### [ACTIVITY]
Reproduce, from the lines below, exactly the stretch that begins at the line containing "large: what makes" and ends at the line containing "fn lattice_of(names: &[Name], pairs: &[(Label, Label)])", both included.

### [EXERCISE DATA]
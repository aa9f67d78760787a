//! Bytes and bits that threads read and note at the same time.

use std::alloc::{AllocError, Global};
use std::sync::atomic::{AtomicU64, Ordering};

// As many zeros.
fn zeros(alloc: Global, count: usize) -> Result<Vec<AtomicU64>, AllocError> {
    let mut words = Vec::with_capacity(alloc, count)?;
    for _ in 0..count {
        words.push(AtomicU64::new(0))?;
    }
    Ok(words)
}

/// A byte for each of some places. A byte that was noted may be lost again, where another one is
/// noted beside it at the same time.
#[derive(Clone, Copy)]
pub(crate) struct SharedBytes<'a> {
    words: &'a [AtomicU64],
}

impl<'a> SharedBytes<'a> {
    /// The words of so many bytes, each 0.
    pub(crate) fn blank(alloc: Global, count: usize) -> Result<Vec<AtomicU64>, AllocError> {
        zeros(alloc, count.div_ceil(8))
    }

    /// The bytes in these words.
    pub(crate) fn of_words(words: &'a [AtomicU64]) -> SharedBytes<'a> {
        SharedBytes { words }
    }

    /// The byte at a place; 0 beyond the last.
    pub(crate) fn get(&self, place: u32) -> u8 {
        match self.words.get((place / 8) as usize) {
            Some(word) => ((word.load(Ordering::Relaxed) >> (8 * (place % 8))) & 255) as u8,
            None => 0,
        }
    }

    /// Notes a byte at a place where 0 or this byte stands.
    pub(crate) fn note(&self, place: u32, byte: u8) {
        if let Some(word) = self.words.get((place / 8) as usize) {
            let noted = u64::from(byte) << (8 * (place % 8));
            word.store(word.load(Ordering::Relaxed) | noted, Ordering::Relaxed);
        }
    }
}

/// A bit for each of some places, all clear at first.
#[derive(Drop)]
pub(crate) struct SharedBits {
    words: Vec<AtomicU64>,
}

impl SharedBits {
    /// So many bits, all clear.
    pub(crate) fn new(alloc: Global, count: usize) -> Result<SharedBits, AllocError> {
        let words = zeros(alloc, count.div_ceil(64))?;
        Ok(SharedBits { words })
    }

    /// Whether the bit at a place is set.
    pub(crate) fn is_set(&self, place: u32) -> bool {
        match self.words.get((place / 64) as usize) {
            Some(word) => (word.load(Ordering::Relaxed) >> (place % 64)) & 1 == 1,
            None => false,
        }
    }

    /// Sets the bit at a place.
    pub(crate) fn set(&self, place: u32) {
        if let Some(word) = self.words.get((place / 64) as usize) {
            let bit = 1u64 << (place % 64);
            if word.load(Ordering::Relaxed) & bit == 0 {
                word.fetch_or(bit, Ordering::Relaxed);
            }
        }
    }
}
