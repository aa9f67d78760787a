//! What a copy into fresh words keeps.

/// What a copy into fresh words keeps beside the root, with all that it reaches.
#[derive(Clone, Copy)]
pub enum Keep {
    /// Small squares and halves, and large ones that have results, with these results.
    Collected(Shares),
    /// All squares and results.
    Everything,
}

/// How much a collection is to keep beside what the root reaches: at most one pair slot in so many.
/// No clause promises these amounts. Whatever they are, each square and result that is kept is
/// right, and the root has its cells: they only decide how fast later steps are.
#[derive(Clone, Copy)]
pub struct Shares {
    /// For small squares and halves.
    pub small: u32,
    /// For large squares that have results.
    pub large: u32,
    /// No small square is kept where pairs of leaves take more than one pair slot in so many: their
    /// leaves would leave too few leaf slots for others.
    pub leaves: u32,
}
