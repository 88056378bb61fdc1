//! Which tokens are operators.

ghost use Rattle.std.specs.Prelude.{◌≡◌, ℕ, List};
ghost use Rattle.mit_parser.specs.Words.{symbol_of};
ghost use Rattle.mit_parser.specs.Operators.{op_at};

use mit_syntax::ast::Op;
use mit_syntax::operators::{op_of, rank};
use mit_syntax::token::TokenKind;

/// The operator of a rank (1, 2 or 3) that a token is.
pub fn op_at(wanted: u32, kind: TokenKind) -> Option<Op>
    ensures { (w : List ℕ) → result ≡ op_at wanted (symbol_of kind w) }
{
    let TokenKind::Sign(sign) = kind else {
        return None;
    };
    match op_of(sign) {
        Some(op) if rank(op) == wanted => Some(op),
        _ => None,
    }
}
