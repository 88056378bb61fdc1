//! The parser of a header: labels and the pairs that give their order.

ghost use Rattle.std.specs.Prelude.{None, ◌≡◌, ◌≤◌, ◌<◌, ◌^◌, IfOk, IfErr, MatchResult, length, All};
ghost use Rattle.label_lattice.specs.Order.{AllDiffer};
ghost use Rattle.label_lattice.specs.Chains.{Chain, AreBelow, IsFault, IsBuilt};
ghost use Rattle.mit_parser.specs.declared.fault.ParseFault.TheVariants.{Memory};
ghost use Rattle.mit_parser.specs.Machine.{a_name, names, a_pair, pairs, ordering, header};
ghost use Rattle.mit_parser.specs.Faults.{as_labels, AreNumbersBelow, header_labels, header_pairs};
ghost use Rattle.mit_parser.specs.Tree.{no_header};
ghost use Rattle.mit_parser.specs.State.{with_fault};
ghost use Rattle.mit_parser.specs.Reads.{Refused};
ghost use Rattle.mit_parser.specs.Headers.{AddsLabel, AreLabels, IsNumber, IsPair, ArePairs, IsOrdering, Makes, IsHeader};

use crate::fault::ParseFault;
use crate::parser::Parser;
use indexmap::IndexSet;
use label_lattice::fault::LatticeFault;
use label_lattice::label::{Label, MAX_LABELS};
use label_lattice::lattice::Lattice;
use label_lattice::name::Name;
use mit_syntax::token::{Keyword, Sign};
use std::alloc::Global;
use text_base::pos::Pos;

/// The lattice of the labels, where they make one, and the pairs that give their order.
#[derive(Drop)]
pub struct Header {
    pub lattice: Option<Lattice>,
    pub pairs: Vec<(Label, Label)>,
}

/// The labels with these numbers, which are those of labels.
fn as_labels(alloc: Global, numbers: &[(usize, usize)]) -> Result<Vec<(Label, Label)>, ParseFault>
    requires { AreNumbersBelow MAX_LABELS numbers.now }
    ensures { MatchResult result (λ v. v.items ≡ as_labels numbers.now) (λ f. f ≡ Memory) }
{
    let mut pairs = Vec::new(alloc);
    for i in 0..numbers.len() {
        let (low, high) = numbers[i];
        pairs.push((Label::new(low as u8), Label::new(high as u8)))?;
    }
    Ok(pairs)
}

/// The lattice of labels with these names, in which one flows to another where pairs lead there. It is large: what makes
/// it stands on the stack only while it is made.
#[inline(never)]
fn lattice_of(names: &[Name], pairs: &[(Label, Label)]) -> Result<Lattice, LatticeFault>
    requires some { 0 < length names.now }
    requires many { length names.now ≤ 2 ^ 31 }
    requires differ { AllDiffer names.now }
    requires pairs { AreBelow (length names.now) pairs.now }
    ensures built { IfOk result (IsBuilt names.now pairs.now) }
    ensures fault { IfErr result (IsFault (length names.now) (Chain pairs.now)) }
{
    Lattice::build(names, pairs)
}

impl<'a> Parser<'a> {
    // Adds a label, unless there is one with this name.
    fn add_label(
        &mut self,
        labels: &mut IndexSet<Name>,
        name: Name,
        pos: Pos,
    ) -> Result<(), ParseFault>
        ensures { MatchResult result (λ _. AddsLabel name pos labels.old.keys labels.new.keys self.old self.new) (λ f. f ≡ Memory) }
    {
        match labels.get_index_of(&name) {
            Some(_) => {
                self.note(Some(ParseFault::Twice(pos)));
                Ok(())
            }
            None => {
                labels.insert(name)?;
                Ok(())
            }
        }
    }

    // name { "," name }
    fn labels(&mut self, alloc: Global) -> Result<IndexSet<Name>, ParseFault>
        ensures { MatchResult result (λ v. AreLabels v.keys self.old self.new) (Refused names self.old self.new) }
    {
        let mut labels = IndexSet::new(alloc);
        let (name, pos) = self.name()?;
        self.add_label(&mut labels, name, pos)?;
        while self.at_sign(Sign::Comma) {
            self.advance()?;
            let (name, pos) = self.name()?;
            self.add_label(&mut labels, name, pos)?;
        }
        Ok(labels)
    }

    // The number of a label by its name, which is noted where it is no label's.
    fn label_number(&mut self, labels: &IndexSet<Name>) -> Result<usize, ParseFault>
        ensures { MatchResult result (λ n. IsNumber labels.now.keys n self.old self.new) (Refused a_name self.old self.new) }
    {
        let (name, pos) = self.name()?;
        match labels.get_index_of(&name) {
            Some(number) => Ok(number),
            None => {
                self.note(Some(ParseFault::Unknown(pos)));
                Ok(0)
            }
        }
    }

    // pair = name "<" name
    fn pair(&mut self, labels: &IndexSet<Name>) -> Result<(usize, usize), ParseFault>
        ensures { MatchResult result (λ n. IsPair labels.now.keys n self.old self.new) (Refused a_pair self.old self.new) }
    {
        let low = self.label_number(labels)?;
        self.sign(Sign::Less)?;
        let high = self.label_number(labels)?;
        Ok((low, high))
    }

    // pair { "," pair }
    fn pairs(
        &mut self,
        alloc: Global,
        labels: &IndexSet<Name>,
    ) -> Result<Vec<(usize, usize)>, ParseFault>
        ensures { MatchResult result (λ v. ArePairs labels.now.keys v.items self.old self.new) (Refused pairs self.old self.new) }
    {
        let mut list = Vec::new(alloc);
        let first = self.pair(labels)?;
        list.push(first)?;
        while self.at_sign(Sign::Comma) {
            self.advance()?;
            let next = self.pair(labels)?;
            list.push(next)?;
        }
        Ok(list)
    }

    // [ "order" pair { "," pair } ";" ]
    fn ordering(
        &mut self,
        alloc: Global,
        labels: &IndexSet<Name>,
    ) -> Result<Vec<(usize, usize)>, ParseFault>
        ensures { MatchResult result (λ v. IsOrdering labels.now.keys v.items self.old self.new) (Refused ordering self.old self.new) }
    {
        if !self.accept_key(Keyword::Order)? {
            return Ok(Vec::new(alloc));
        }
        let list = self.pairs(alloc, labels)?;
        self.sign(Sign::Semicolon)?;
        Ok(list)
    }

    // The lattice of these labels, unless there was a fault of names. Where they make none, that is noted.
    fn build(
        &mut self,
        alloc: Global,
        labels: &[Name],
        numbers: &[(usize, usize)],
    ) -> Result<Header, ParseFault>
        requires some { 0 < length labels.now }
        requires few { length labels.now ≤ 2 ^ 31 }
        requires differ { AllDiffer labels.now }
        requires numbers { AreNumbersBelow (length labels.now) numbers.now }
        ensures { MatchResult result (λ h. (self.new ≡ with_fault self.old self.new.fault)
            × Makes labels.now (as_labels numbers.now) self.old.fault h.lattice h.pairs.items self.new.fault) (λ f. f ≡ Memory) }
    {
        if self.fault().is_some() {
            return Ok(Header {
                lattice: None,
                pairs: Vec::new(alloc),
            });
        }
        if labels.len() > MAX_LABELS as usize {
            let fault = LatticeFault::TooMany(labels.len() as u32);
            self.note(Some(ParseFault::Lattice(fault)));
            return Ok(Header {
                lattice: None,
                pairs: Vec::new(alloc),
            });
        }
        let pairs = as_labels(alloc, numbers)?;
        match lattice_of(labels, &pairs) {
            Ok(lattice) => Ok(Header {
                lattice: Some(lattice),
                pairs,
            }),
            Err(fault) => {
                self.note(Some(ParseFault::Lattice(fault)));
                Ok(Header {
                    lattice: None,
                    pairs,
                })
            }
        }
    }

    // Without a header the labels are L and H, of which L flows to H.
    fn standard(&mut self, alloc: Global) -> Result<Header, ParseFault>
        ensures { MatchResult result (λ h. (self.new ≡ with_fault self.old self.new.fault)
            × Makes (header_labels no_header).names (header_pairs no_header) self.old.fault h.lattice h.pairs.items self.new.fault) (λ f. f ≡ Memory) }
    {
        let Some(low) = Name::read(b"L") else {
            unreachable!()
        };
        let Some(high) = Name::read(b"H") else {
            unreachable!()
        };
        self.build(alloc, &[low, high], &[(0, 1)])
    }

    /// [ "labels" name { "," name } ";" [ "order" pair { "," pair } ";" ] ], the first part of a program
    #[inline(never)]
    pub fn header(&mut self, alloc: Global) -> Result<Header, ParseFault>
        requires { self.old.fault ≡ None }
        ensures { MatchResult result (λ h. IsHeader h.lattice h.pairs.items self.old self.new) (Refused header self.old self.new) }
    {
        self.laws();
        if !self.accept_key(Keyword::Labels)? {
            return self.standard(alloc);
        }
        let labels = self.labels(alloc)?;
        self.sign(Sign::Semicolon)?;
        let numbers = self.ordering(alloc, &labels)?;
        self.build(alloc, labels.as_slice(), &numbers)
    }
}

### [EXERCISE RESPONSE]
/// The lattice of labels with these names, in which one flows to another where pairs lead there. It is large: what makes
/// it stands on the stack only while it is made.
#[inline(never)]
fn lattice_of(names: &[Name], pairs: &[(Label, Label)]) -> Result<Lattice, LatticeFault>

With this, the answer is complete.